### TASK
The required answer is every line of the data containing the word "behind".
(DATA SUPPLIED Opens)
//! What of an outcome is the same whenever its entry is applied, and its hash.
ghost use Rattle.std.specs.Prelude.{◌≡◌, IfOk};
ghost use Rattle.goo_log_chain.specs.Chain.{as_accepted as accepted_text};
ghost use Rattle.goo_log_chain.specs.Chain.{chained as chain_after, comparable as comparable_text};

use crate::rows::rows;
use bstr::ByteSlice;
use goo_log_keyed::{HexDigest, hash_of_both};
use std::alloc::{AllocError, Global};

/// What a request that comes again is told.
const REPEATED: &[u8] = b"\"outcome\":\"repeated\"";

/// What it was told first.
const ACCEPTED: &[u8] = b"\"outcome\":\"accepted\"";

/// The route of a table of declarations.
const DECLARATIONS: &str = "/v1/declarations";

/// An answer with each `repeated` as `accepted`.
fn as_accepted(alloc: Global, body: &[u8]) -> Result<Vec<u8>, AllocError>
    ensures { IfOk result (λ text. text.items ≡ accepted_text body.now) }
{
    body.replace(alloc, REPEATED, ACCEPTED)
}

/// What of an outcome is the same whenever its entry is applied.
///
/// An entry that is applied twice is `repeated` and not `accepted`, and a refused row of a table
/// may get another number.
///
/// # Errors
///
/// `AllocError` where memory was refused.
#[tactic(auto, unfolding(crate::specs::Chain::comparable))]
pub fn comparable(
    alloc: Global,
    route: &str,
    status: u16,
    body: &[u8],
) -> Result<Vec<u8>, AllocError>
    ensures { IfOk result (λ text. text.items ≡ comparable_text route.now status body.now) }
{
    let same = if route == DECLARATIONS {
        rows(alloc, body)?
    } else {
        as_accepted(alloc, body)?
    };
    let number = format!(in alloc; "{status}")?;
    let mut text = Vec::new(alloc);
    text.extend_from_slice(number.as_bytes())?;
    text.extend_from_slice(b" ")?;
    text.extend_from_slice(same.as_slice())?;
    Ok(text)
}

/// The chain after an outcome, by the chain before.
///
/// # Errors
///
/// `AllocError` where memory was refused.
pub fn chained(
    alloc: Global,
    before: &[u8],
    route: &str,
    status: u16,
    body: &[u8],
) -> Result<HexDigest, AllocError>
    ensures { IfOk result (λ chain. chain ≡ chain_after before.now route.now status body.now) }
{
    let same = comparable(alloc, route, status, body)?;
    Ok(hash_of_both(before, same.as_slice()))
}
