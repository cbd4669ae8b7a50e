//! What is said of the bytes of a journal.
use goo_log_journal::{LineFault, Reading};

/// What the bytes of a journal are.
#[derive(Drop)]
pub enum Verdict {
    /// Whole lines, of which each comes next; and where the journal stands behind them.
    Whole(Reading),
    /// Such lines, and behind them the line of this number, which has no end.
    Unfinished(u64),
    /// The line of this number has its end, and is bad; each before it is good.
    Bad(u64, LineFault),
    /// The line of this number has more bytes than a line may have; or there are more lines than
    /// can be counted.
    Beyond(u64),
}
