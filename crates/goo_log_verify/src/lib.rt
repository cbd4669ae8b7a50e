//! A journal is verified: each line, from the first byte to the last, without changing anything.
//!
//! The months of a journal are read one after another, in pieces. What is said of them is one
//! verdict: they are whole, their last line has no end, or the line of a number is bad.
#![tactic(auto)]

mod verdict;
mod verifier;

pub use verdict::Verdict;
pub use verifier::{MOST_LINE, verify};
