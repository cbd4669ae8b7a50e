//! The texts of outcomes: compact JSON (RFC 8259) of at most 256 bytes, made in place without
//! memory.
#![tactic(auto)]

mod outcome;
mod pushes;
mod refusal;
mod reply;
mod unreadable;

pub use outcome::outcome_text;
pub use unreadable::{Unreadable, unreadable_text};
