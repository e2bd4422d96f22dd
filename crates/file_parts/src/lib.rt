// Numbers and sums in the bytes of a file: what the file of a lasting store is made of.
//
// Numbers stand low byte first, as in the session's image; past the file's end stand zeros, and nothing is written there. A sum takes every byte and
// its place: one byte more is the sum times 257, and the byte, and 1, modulo the greatest prime below 2^32 (specs/Sums.antt).
#![tactic(auto)]

ghost use Rattle.std.specs.Prelude.{◌≡◌, ◌+◌, ◌*◌, ◌<◌};
ghost use Rattle.std.proofs.lemmas.List.Edits.{sets};
ghost use Rattle.low_first.specs.Low.{number_at, bytes_of};
ghost use Rattle.file_parts.specs.Sums.{prime, stepped, sum_on, part_of};

use ground::{back, byte, front, put};

// The greatest prime below 2^32.
const PRIME: u64 = 4294967291;

// n bytes from a place on.
pub fn part<'a>(file: &'a [u8], at: usize, n: usize) -> &'a [u8]
    ensures { result.now ≡ part_of file.now at n }
{
    front(back(file, at), n)
}

fn pair(a: u8, b: u8) -> u16
    ensures { result ≡ a + 256 * b }
{
    a as u16 + 256 * (b as u16)
}

fn joined(low: u16, high: u16) -> u32
    ensures { result ≡ low + 65536 * high }
{
    low as u32 + 65536 * (high as u32)
}

// The number of two bytes.
pub fn two_at(file: &[u8], at: usize) -> u16
    ensures { result ≡ number_at 2 file.now at }
{
    let rest = back(file, at);
    pair(byte(rest, 0), byte(rest, 1))
}

// The number of four bytes.
pub fn four_at(file: &[u8], at: usize) -> u32
    ensures { result ≡ number_at 4 file.now at }
{
    let rest = back(file, at);
    let low = two_at(rest, 0);
    let high = two_at(rest, 2);
    joined(low, high)
}

pub fn put_two(file: &mut [u8], at: usize, x: u16)
    ensures { file.new ≡ sets file.old at (bytes_of 2 x) }
{
    let bytes = [(x % 256) as u8, (x / 256 % 256) as u8];
    put(file, at, &bytes);
}

pub fn put_four(file: &mut [u8], at: usize, x: u32)
    ensures { file.new ≡ sets file.old at (bytes_of 4 x) }
{
    let bytes = [
        (x % 256) as u8,
        (x / 256 % 256) as u8,
        (x / 256 / 256 % 256) as u8,
        (x / 256 / 256 / 256 % 256) as u8,
    ];
    put(file, at, &bytes);
}

// One byte more in a sum.
fn step(s: u64, b: u8) -> u64
    requires { s < prime }
    ensures { (result ≡ stepped s b) × (result < prime) }
{
    (s * 257 + b as u64 + 1) % PRIME
}

// The sum of bytes, from a sum on.
pub fn sum(start: u32, bytes: &[u8]) -> u32
    ensures { result ≡ sum_on start bytes.now }
{
    let mut s = start as u64 % PRIME;
    for b in bytes {
        s = step(s, *b);
    }
    s as u32
}
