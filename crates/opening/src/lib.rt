// Opening a station.
//
// Paper 01: "Opening clears all lent memory (output aside), frees all portions, and sets width 608, length N, origin 0,0, ZT, nothing owed." The
// number of free portions is then that of all (paper 02, §6). It looks at lengths alone (1), so that any memory can be opened, and "a refused opening returns zeros" and leaves what it was lent. `open` promises one equation
// between its result with every lent list at exit and `opened` (specs/Opening.antt) of what it was lent.
#![tactic(auto)]

ghost use Rattle.std.specs.Prelude.{◌≡◌};
ghost use Rattle.session.specs.Label.{labelled};
ghost use Rattle.lent.specs.Lent.{world};
ghost use Rattle.session.specs.Session.{none};
ghost use Rattle.answers.specs.declared.Answer.TheVariants.{Lengths};
ghost use Rattle.opening.specs.Opening.{opened_by, opened};

use answers::Answer;
use dots::BYTES_A_ROW;
use session::{Labelled, Session};

// "a refused opening returns zeros."
fn refused() -> Labelled
    ensures { result ≡ labelled Lengths none }
{
    let session = Session::none();
    Labelled {
        answer: Answer::Lengths,
        session: session,
    }
}

pub fn open(
    page: &mut [u8],
    background: &mut [u8],
    store: &mut [u8],
    links: &mut [u16],
    directory: &mut [u8],
    values: &mut [u8],
) -> Labelled
    ensures { opened_by result page.new (world background.new store.new links.new directory.new values.new) ≡ opened page.old (world background.old store.old links.old directory.old values.old) }
{
    if lent::lengths_wrong(
        background.len(),
        store.len(),
        links.len(),
        directory.len(),
        values.len(),
    ) {
        return refused();
    }
    if page.len() != background.len() {
        return refused();
    }
    let rows = (background.len() / BYTES_A_ROW) as u16;
    let portions = links.len() as u16;
    pages::whiten(page);
    pages::whiten(background);
    clearing::clear(store, links, directory);
    stored_values::unset_all(values);
    let session = Session::fresh(rows, portions);
    Labelled {
        answer: Answer::Taken,
        session: session,
    }
}
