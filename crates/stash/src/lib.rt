// The waiting nodes of a state as slots in a lent row: other nodes join them, and a place of a state is loaded into the row and saved
// from it.
#![tactic(auto)]

ghost use Rattle.std.specs.Prelude.{◌≡◌};
ghost use Rattle.leaf_spec.specs.Convert.{to_node};
ghost use Rattle.stash_laws.specs.Waiting.{words_for, InWidths};

use slot_fields::slot_of;
use slot_spec::{Node, Slot};

pub mod join;
pub mod places;

// The words of a node, whose numbers are within their widths.
pub fn words_of(n: Node) -> Slot
    ensures { InWidths (to_node n) × (result ≡ words_for (to_node n)) }
{
    slot_of(n)
}
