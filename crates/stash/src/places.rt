// One place of a state: loaded into the row, and saved from it.
ghost use Rattle.std.specs.Prelude.{◌≡◌, ◌≤◌, ◌<◌, length, get_or};
ghost use Rattle.state_spec.specs.Fit.{no_place};
ghost use Rattle.call_spec.specs.Store.{waiting_places};
ghost use Rattle.word_round_laws.specs.SlotRow.{places, row_length};
ghost use Rattle.stash_laws.specs.Waiting.{waiting_in, Holds};
ghost use Rattle.stash.specs.Stash.{good_from, PlaceLoaded};

use super::words_of;
use slot_fields::node_of;
use slot_row::{get, put};
use state_places::{no_place, place_good};
use state_spec::Place;

// Whether a used place is good and its key at least `least`, one more than the key before it.
fn used_fits(p: Place, size: usize, least: u64) -> bool
    requires { size ≤ 16 }
    ensures { result ≡ good_from size least p }
{
    place_good(size, p) && least <= p.node.key as u64
}

// A used place is asked whether it fits; if so its node is put into slot i of the row.
pub fn load_place(w: &mut [u8], i: usize, p: Place, size: usize, least: u64) -> bool
    requires { (length w.old ≡ row_length) × ((i < places) × (size ≤ 16)) }
    ensures { (result ≡ good_from size least p) × PlaceLoaded i p w.old w.new result }
{
    if !used_fits(p, size, least) {
        return false;
    }
    put(w, i, words_of(p.node));
    true
}

// Place i as it is saved, where n nodes wait in the row.
pub fn saved_place(w: &[u8], n: usize, i: usize) -> Place
    requires { Holds n w.now × (i < places) }
    ensures { result ≡ get_or (waiting_places (waiting_in n w.now)) i no_place }
{
    if n <= i {
        return no_place();
    }
    let node = node_of(get(w, i));
    Place { full: true, node }
}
(DATA SUPPLIED Closes)
### TASK SOLUTION
    /// Whole lines, of which each comes next; and where the journal stands behind them.
    /// Such lines, and behind them the line of this number, which has no end.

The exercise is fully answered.